Taliban Resurgence threatens Elections

Obama Obama in Newsweek:

‘ Our success in Afghanistan is going to be deeply dependent not just on getting more troops there, which we need, but also some sustained high-level engagement with Pakistan—something that I discussed before but I think is significantly more urgent than even I had imagined. Basically there doesn’t appear to be any pressure at all being placed on Al Qaeda, on these training camps, these safe havens, in the FATA [Federally Administered Tribal Areas].’

Although there have been cease-fires between the Pakistani military and FATA militants at certain points and with regard to some groups (and as part of political negotiations), the Pakistani military took on tribal forces in Khyber recently and it is not fair to say that nothing is being done. Hundreds of Pakistani troops have died fighting the tribes and al-Qaeda in recent years. In his Berlin speech Obama also talked about terror training camps “in Karachi.” None existed to my knowledge. Karachi is a stronghold of the secular MQM. There is lots to criticize about the Pakistani government, but this level of animus and misinformation is odd and you have to wonder where it is coming from.

The increasing violence in Afghanistan is threatening the country’s ability to hold scheduled presidential elections in 2009, according to Aljazeera International:

NATO forces killed a car full of innocent civilians on Friday, one in a series of such incidents. Even NATO is admitting that its troops’ killing of innocent civilians is alienating the Afghan population.

Barnett Rubin weighs in on the issue of whether Afghanistan is a “narco-state.

Pakistani Taliban are attacking Shiites. Grand Ayatollah Ali Sistani has called on Pakistani Shiites to rally to the support of their brethren in Parachinar, who say that they have been interfering with Taliban infiltration of neighboring Afghanistan.

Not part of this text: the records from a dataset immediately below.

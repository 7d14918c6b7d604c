//! The index that stands between two lines, and the operations by their names.

use crate::crash_images::Left;
use case_lines::{Arguments, Operations, Refusal, number, pair, text};
use common::{FuseDevice, MemoryDevice, RawAndDefault};
use definitions::Fault;
use engine::{Index, Status};
use serde_json::Value;
use std::alloc::Global;

/// The devices of the indexes: memory that fails from a chosen call on.
pub(crate) type CaseDevice = FuseDevice<MemoryDevice>;

/// The indexes that histories are about.
pub(crate) type CaseIndex = Index<CaseDevice, RawAndDefault>;

/// The schema of the indexes that are made, and the index that stands, or the device of one that was closed or refused.
#[derive(Drop)]
pub(crate) struct Histories {
    pub(crate) alloc: Global,
    pub(crate) schema: Value,
    pub(crate) index: Option<CaseIndex>,
    pub(crate) device: Option<CaseDevice>,
}

impl Histories {
    /// The index that stands.
    pub(crate) fn standing(&self) -> Result<&CaseIndex, Refusal> {
        match &self.index {
            Some(index) => Ok(index),
            None => Err(Refusal::Fault(Fault::NotOpen)),
        }
    }

    /// The index that stands, to be changed.
    pub(crate) fn standing_mut(&mut self) -> Result<&mut CaseIndex, Refusal> {
        match &mut self.index {
            Some(index) => Ok(index),
            None => Err(Refusal::Fault(Fault::NotOpen)),
        }
    }

    /// Takes the device, without its fuse; an index that stands is closed.
    pub(crate) fn take_device(&mut self) -> Result<MemoryDevice, Refusal> {
        self.close();
        match self.device.take() {
            Some(device) => Ok(device.into_inner()),
            None => Err(Refusal::NotAsked),
        }
    }

    /// Closes the index that stands, and keeps its device.
    fn close(&mut self) {
        if let Some(index) = self.index.take() {
            let (device, _analyzer) = index.into_device();
            self.device = Some(device);
        }
    }

    /// How many calls the device has seen since its index was made or opened; an index that stands is closed.
    fn calls(&mut self) -> Result<Value, Refusal> {
        self.close();
        match &self.device {
            Some(device) => Ok(number(device.calls())),
            None => Err(Refusal::NotAsked),
        }
    }

    /// How many segments and how many documents are committed.
    fn counts(&self) -> Result<Value, Refusal> {
        let index = self.standing()?;
        let segments = number(index.num_segments() as u64);
        Ok(pair(self.alloc, segments, number(index.num_docs()))?)
    }

    /// What the index may still do.
    fn state(&self) -> Result<Value, Refusal> {
        let state = match self.standing()?.state() {
            Status::Ready => "Ready",
            Status::WriterClosed => "WriterClosed",
            Status::Closed => "Closed",
        };
        Ok(text(self.alloc, state)?)
    }

    /// What an operation over a device that stops answers.
    fn answer_to_crash(
        &mut self,
        operation: &str,
        arguments: &Arguments,
    ) -> Result<Value, Refusal> {
        match operation {
            "create-until" => self.create_until(arguments),
            "open-until" => self.open_until(arguments),
            "crash" => self.crash(arguments, Left::Greatest),
            "crash-least" => self.crash(arguments, Left::Least),
            "crash-merge" => self.crash_merge(arguments, Left::Greatest),
            "crash-merge-least" => self.crash_merge(arguments, Left::Least),
            "crash-open" => self.crash_open(arguments, Left::Greatest),
            "crash-open-least" => self.crash_open(arguments, Left::Least),
            "crash-create" => self.crash_create(arguments, Left::Greatest),
            "crash-create-least" => self.crash_create(arguments, Left::Least),
            "crash-each" => self.crash_each(arguments),
            "crash-merge-each" => self.crash_merge_each(arguments),
            "calls" => self.calls(),
            _ => Err(Refusal::NotAsked),
        }
    }
}

impl Operations for Histories {
    fn answer(&mut self, operation: &str, arguments: &Arguments) -> Result<Value, Refusal> {
        match operation {
            "schema" => self.make_schema(arguments),
            "create" => self.create(arguments),
            "create-here" => self.create_here(arguments),
            "open" => self.open(),
            "add" => self.add(arguments),
            "add-text" => self.add_text(arguments),
            "add-values" => self.add_values(arguments),
            "delete" => self.delete(arguments),
            "commit" => self.commit(),
            "merge" => self.merge(arguments),
            "search" => self.search(arguments),
            "search-counted" => self.search_counted(arguments),
            "count" => self.count(arguments),
            "counts" => self.counts(),
            "state" => self.state(),
            _ => self.answer_to_crash(operation, arguments),
        }
    }
}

Remember how the US Pentagon kept claiming that Shiite Iran was helping the Taliban? Fairy tales for children courtesy Cheney.

Taliban factions are suspected of informing on each other to British and other NATO troops, thus using them to decapitate their internal rivals.

Taliban propaganda is becoming more effective.

Pakistani Taliban are threatening merchants who conduct cross-border trade with Afghanistan.